Der Schwede Per Olov Enquist gehört zu den besten Romanciers der Gegenwart. Romane wie "Gestürzter Engel" (1985), "Der Besuch des Leibarztes"(1999) oder "Ein anderes Leben" (2008) sind jenseits vom Klischee ein Garant skandinavischer Erfolgsliteratur.

Bereits 1968 erschien ein Buch, das bis heute wenig bekannt ist: "Legionärerna – En roman om baltutlämningen" ("Die Ausgelieferten", 1969). Zwischen 1965-68 geschrieben, fiel sein Erscheinen in eine äußerst bewegte Zeit. Der Vietnam-Krieg tobte und rief Debatten um die amerikanische Außenpolitik hervor, die deutsche Teilung war nach dem Bau der Mauer 1961 in eine neue Etappe getreten und der Prager Frühling wurde durch die Truppen des Warschauer Paktes niedergeschlagen.

Enquists Interesse gilt einem schwedischen Trauma, der sogenannten "baltutlämningen". Gemeint ist die Auslieferung von baltischen Militärinternierten zwischen November 1945 und Januar 1946 an die Sowjetunion. Als Wehrmachtsangehörige nahmen sie aktiv am Krieg teil. Da dieses Trauma auch 2010 noch virulent ist und die Frage nach einer politischen Moral stets aktuell, sah Enquist sich veranlasst, sein Buch, das er nun als "dokumentarischen Roman" bezeichnet, erneut - und gänzlich unverändert - zu veröffentlichen.

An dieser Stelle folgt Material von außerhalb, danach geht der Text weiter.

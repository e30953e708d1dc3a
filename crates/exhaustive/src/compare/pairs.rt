//! What is said of one pair: Judge, Witness, Unordered and Schedulable.
use crate::compare::{BLANK, Comparison, PLACES};
use crate::relations::{happens_before, is_scheduled_before, leads};
use crate::search::{Finding, Search, Shown};
use crate::steps::Step;
use answer::verdict::WitnessFault;
use reel::Reel;
use std::alloc::AllocError;

/// Where the previous event of the step stands: the latest earlier one of its thread, or the spawn of its thread where there is none.
fn previous_of(trace: &[Step], step: &Step) -> Option<u16> {
    trace
        .iter()
        .rev()
        .find(|other| other.event.thread == step.event.thread && other.position < step.position)
        .map(|other| other.position)
        .or(step.spawn)
}

/// Whether happens-before does not put the first event of a pair before the second.
fn is_unordered(search: &Search<'_>, finding: &Finding) -> Result<bool, AllocError> {
    let p = finding.first.position;
    let q = finding.second.position;
    Ok(!leads(search.heap, happens_before, search.trace, p, q)?)
}

/// Whether the second event of a pair has no previous event, or the first is not before that in schedulable happens-before.
fn is_schedulable(search: &Search<'_>, finding: &Finding) -> Result<bool, AllocError> {
    let p = finding.first.position;
    let Some(last) = previous_of(search.trace, &finding.second) else {
        return Ok(true);
    };
    Ok(!leads(search.heap, is_scheduled_before, search.trace, p, last)?)
}

/// Whether the list is a least reordering that leaves both events of a racing pair enabled, in trace order: as long as the shortest one, and
/// of the positions that all of them have.
fn is_witness(
    search: &Search<'_>,
    finding: &Finding,
    shown: &Shown,
    list: &[u16],
) -> Result<bool, AllocError> {
    let steps: Vec<Step> = list
        .iter()
        .filter_map(|position| search.trace.get(usize::from(*position)).copied())
        .collect(search.heap)?;
    Ok(
        list.len() == shown.least
            && steps.len() == shown.least
            && list.iter().eq(shown.common.iter())
            && finding.is_left_by(steps.as_slice()),
    )
}

impl<R: Reel> Comparison<'_, R> {
    /// Compares what Judge says of a pair.
    fn compare_judge(&mut self, finding: &Finding) {
        let (p, q) = finding.positions();
        self.tally
            .compare(self.session.judge(p, q) == Ok(finding.verdict()));
    }

    /// Compares what Unordered and Schedulable say of a pair.
    fn compare_relations(&mut self, finding: &Finding) -> Result<(), AllocError> {
        let (p, q) = finding.positions();
        let unordered = is_unordered(self.search, finding)?;
        self.tally
            .compare(self.session.unordered(p, q) == Ok(unordered));
        let schedulable = is_schedulable(self.search, finding)?;
        self.tally
            .compare(self.session.schedulable(p, q) == Ok(schedulable));
        Ok(())
    }

    /// Compares what Witness says of a pair.
    fn compare_witness(&mut self, finding: &Finding) -> Result<(), AllocError> {
        let mut buffer = [BLANK; PLACES];
        let (p, q) = finding.positions();
        let same = match (self.session.witness(p, q, &mut buffer), &finding.shown) {
            (Ok(count), Some(shown)) if count <= PLACES => {
                is_witness(self.search, finding, shown, &buffer[..count])?
            }
            (Err(WitnessFault::NoRace), None) => true,
            _ => false,
        };
        self.tally.compare(same);
        Ok(())
    }

    /// Compares all that is said of each pair.
    pub(super) fn compare_pairs(&mut self) -> Result<(), AllocError> {
        let search = self.search;
        for finding in &search.findings {
            self.compare_judge(finding);
            self.compare_relations(finding)?;
            self.compare_witness(finding)?;
        }
        Ok(())
    }
}
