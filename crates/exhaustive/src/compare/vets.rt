//! What Vet says of some lists that the search met, and of the same from back to front.
use crate::compare::Comparison;
use crate::steps::{Step, is_reordering};
use reel::Reel;
use std::alloc::AllocError;

impl<R: Reel> Comparison<'_, R> {
    /// Compares what Vet says of the list, for each pair.
    fn compare_vet(&mut self, list: &[Step]) -> Result<(), AllocError> {
        let search = self.search;
        let positions: Vec<u16> = list.iter().map(|step| step.position).collect(search.heap)?;
        let reordering = is_reordering(list);
        for finding in &search.findings {
            let (p, q) = finding.positions();
            let answer = self.session.vet(p, q, positions.as_slice());
            let left = reordering && finding.is_enabled(list);
            self.tally.compare(answer == Ok(left));
        }
        Ok(())
    }

    /// Compares what Vet says of each sample, and of the sample from back to front.
    pub(super) fn compare_vets(&mut self) -> Result<(), AllocError> {
        let search = self.search;
        for sample in &search.samples {
            self.compare_vet(sample.as_slice())?;
            let reversed: Vec<Step> = sample.iter().rev().copied().collect(search.heap)?;
            self.compare_vet(reversed.as_slice())?;
        }
        Ok(())
    }
}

In einem der neuen Ausgabe hinzufügten "Epilog" vom Herbst 2010 erklärt er, dass es nicht nur um ein existentielles politisches Drama geht. Es ist auch ein "Entwicklungsroman über einen jungen Autor in der Mitte der entsetzlichen europäischen Geschichte". Den Leser erwartet eine komplexe Lektüre. Es gilt mindestens drei Zeitschichten freizulegen: die Auslieferung 1945/46; die Entstehung des Romans zwischen 1965-68 und die unmittelbare Gegenwart.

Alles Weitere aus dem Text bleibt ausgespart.